What is confirmed is the compatibility floor. iOS 27 runs on any iPhone with an A13 Bionic chip and 3GB of RAM, which covers the iPhone 11 through the newest models.

Apple Intelligence features need an A17 Pro chip or newer, meaning iPhone 15 Pro and up. Custom Siri voices need 12GB of RAM, limiting that specific feature to the iPhone Air and iPhone 17 Pro models.

That tiering is the real industry story here. Apple is now selling three different tiers of the same operating system experience depending on your hardware, a segmentation strategy Android makers have used for years but Apple has historically avoided this explicitly.

8. Health Adds Perimenopause Tracking and Deeper Privacy Controls

The Health app now includes dedicated perimenopause and menopause support, with notifications about cycle deviations tailored to that life stage. It is a meaningful expansion of Apple's Cycle Tracking feature and one competitors like Fitbit and Samsung Health have only partially addressed.

Alongside that, Find My adds new ways to hide your precise location from specific contacts, giving users finer-grained privacy control than the all-or-nothing sharing toggle that existed before.
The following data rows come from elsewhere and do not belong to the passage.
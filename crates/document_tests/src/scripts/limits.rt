//! How long lists may be.
use super::{Section, joined, told_of_boots, told_of_clients};
use std::alloc::Global;
use std::test::Fail;

/// So many equal entries.
fn list_of(alloc: Global, entry: &str, count: u32) -> Result<String, Fail> {
    let mut list = String::new(alloc);
    for i in 0..count {
        if 0 < i {
            list.push_str(",")?;
        }
        list.push_str(entry)?;
    }
    Ok(list)
}

/// What is told of a list of so many equal entries, between two texts.
fn told_of(
    alloc: Global,
    section: Section,
    between: (&str, &str),
    entry: &str,
    count: u32,
) -> Result<String, Fail> {
    let list = list_of(alloc, entry, count)?;
    let text = joined(alloc, &[between.0, list.as_str(), between.1])?;
    match section {
        Section::Clients => told_of_clients(alloc, text.as_str()),
        Section::Boots => told_of_boots(alloc, text.as_str()),
    }
}

/// What is told of a list that has just so many entries as it may, and of one with one more.
fn told_of_both(
    alloc: Global,
    section: Section,
    between: (&str, &str),
    entry: &str,
    most: u32,
) -> Result<String, Fail> {
    let full = told_of(alloc, section, between, entry, most)?;
    let over = told_of(alloc, section, between, entry, most.saturating_add(1))?;
    joined(alloc, &[full.as_str(), "; ", over.as_str()])
}

#[test]
fn lists_of_clients(rt: HostRuntime) -> Result<(), Fail> {
    let alloc = rt.alloc();
    let clients = told_of_both(alloc, Section::Clients, ("[", "]"), "{}", 16)?;
    assert_eq!(rt; clients.as_str(), "read; document 0 0 0 clients: too-many");
    Ok(())
}

#[test]
fn lists_of_features(rt: HostRuntime) -> Result<(), Fail> {
    let alloc = rt.alloc();
    let between = (r#"[{"features":["#, "]}]");
    let features = told_of_both(alloc, Section::Clients, between, r#""a""#, 64)?;
    assert_eq!(rt; features.as_str(), "read; clients 0 0 0 features: too-many");
    Ok(())
}

#[test]
fn lists_of_boots(rt: HostRuntime) -> Result<(), Fail> {
    let alloc = rt.alloc();
    let boots = told_of_both(alloc, Section::Boots, ("[", "]"), r#"{"time":0}"#, 32)?;
    assert_eq!(rt; boots.as_str(), "read; document 0 0 0 boots: too-many");
    // the count stands before the entries
    let faulty = told_of(alloc, Section::Boots, ("[", "]"), "3", 33)?;
    assert_eq!(rt; faulty.as_str(), "document 0 0 0 boots: too-many");
    Ok(())
}

const ASK: &str = r#"{"do":"get-devices"}"#;

#[test]
fn items_of_a_boot(rt: HostRuntime) -> Result<(), Fail> {
    let between = (r#"[{"time":0,"scripts":[["#, "]]}]");
    let told = told_of_both(rt.alloc(), Section::Boots, between, ASK, 8192)?;
    assert_eq!(rt; told.as_str(), "read; boots 0 0 8192 do: too-many");
    Ok(())
}

/// Two items stand in the first boot.
#[test]
fn items_of_all_boots(rt: HostRuntime) -> Result<(), Fail> {
    let front =
        r#"[{"time":0,"scripts":[[{"do":"get-devices"},{"do":"get-history"}]]},{"time":0,"scripts":[["#;
    let told = told_of_both(rt.alloc(), Section::Boots, (front, "]]}]"), ASK, 8190)?;
    assert_eq!(rt; told.as_str(), "read; boots 1 0 8190 do: too-many");
    Ok(())
}

/// What stands behind 8192 items, and what is told.
const LAST: [(&str, &str); 2] = [
    (r#",{}]]}]"#, "boots 0 0 8192 do: too-many"),
    (r#",3]]}]"#, "boots 0 0 8192 entry: wrong-kind"),
];

/// The item that is one too many is told before what is wrong with its `do`, but not before it is
/// known to be an object.
#[test]
fn the_item_that_is_one_too_many(rt: HostRuntime) -> Result<(), Fail> {
    for (last, want) in &LAST {
        let between = (r#"[{"time":0,"scripts":[["#, *last);
        let told = told_of(rt.alloc(), Section::Boots, between, ASK, 8192)?;
        assert_eq!(rt; told.as_str(), *want);
    }
    Ok(())
}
What This Means Going Forward

iOS 27 is not a reinvention. It is Apple catching up on AI while quietly fixing two years of complaints about design, privacy, and child safety. The open questions are real: will Siri AI perform reliably outside a controlled demo, will the EU standoff drag into 2027, and will Ask to Browse actually reduce harm or just add friction parents route around.

Apple's public beta is live now, with a general release expected in September, most likely around September 14 based on Apple's typical pattern, though Apple has not confirmed an exact date.